I'm not sure you can sort this out.

~~ Paul
I don't think you quite realise how radical Hoffman's theory is - at least as I understand it. None of the 'real' world resembles its interface - and that includes the human brain. If Mycoplasma genitalium organisms are conscious, they might have a very complex interface, but one that didn't include the concept of a brain!

David
 
I think it helps to put the Interface Theory into perspective by thinking about the perceptions of Mycoplasma genitalium. There is not enough processing power there to produce an interface that's very different from the actual world.

~~ Paul

This is a significant and insightful comment. The general methods for measuring biophysics are no different with bacteria or men. At the physical level of abstraction, there still will be patterns of electrical charges relating to molecular signaling about the interesting signals from the external environment. There will be distinct evidence of physical processes that correlate to information processes, such as detecting opportunities (affordances) and "understanding" them in terms of logical behavior.

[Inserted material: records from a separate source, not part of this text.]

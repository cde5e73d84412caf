// What is told of a line.
ghost use Rattle.std.specs.Prelude.{◌≡◌};
ghost use Rattle.geodsolve.specs.Tellings.{telling_of};

use crate::lines::{Ends, NotTwoPoints};
use functions::SeriesSet;
use geodesic::capability::ALL;
use geodesic::{Bearings, Geodesic, Inverse};
use script::LineFault;

// Two points and the geodesic between them.
#[derive(Clone, Copy, PartialEq, Debug)]
pub struct Solved {
    pub ends: Ends,
    pub figures: Inverse<Bearings>,
}

// The geodesic between the two points of a line, with all figures.
pub fn tell(
    geodesic: &Geodesic<SeriesSet>,
    line: Result<Option<Ends>, NotTwoPoints>,
) -> Result<Option<Solved>, LineFault<NotTwoPoints>>
    ensures { result ≡ telling_of geodesic.now.shape line }
{
    let Some(ends) = line.map_err(LineFault::Unreadable)? else {
        return Ok(None);
    };
    let Ends {
        lat1,
        lon1,
        lat2,
        lon2,
    } = ends;
    let figures = geodesic.inverse_azi(lat1, lon1, lat2, lon2, ALL)?;
    Ok(Some(Solved { ends, figures }))
}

Micro-organisms probably have no self-awareness, due to their limited ability to integrate information.

However, it is obvious from observation that microbia behaves in its own self-interest and this capability can be benchmarked and measured. There is no reason not to measure informational output, as well as physical output. Mycoplasma genitalium surely doesn't understand itself, but with its very small number of genes, it still purposefully directs its biological efforts at essential fitness functions.